• ASSIGNED TASK
Count up the lines of the data below that contain the string "specs", then give only the total.

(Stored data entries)
◆ ◆ ◆
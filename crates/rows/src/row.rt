// The record of a name that is open, and what is answered: records, or the refusal of what is lent.
ghost use Rattle.std.specs.Prelude.{◌≡◌};
ghost use Rattle.rows.specs.Answers.{bad_number, given_number, filled_number, count_of};

use state::answer::Error;
use state::place::{Depth, Position};

// Where the name starts and ends in the document, and how deep it lies: the outermost at 1.
#[derive(Clone, Copy)]
pub struct Row {
    pub start: Position,
    pub end: Position,
    pub depth: Depth,
}

// One record.
#[derive(Clone, Copy)]
pub enum Given {
    Row(Row),
    BadState,
}

// How many records of a list were filled.
#[derive(Clone, Copy)]
pub enum Filled {
    Rows(usize),
    BadState,
}

// The number of the refusal.
fn bad_number() -> usize
    ensures { result ≡ bad_number }
{
    let bad = Error::BadState;
    let said = bad.numbered();
    said.number
}

impl Given {
    // The number of the refusal; 0 where there is none.
    pub fn number(self) -> usize
        ensures { result ≡ given_number self }
    {
        match self {
            Given::Row(_) => 0,
            Given::BadState => bad_number(),
        }
    }
}

impl Filled {
    // The number of the refusal; 0 where there is none.
    pub fn number(self) -> usize
        ensures { result ≡ filled_number self }
    {
        match self {
            Filled::Rows(_) => 0,
            Filled::BadState => bad_number(),
        }
    }

    // How many were filled: none where it was refused.
    pub fn count(self) -> usize
        ensures { result ≡ count_of self }
    {
        match self {
            Filled::Rows(count) => count,
            Filled::BadState => 0,
        }
    }
}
◆ ◆ ◆
• PROBLEM SOLUTION
2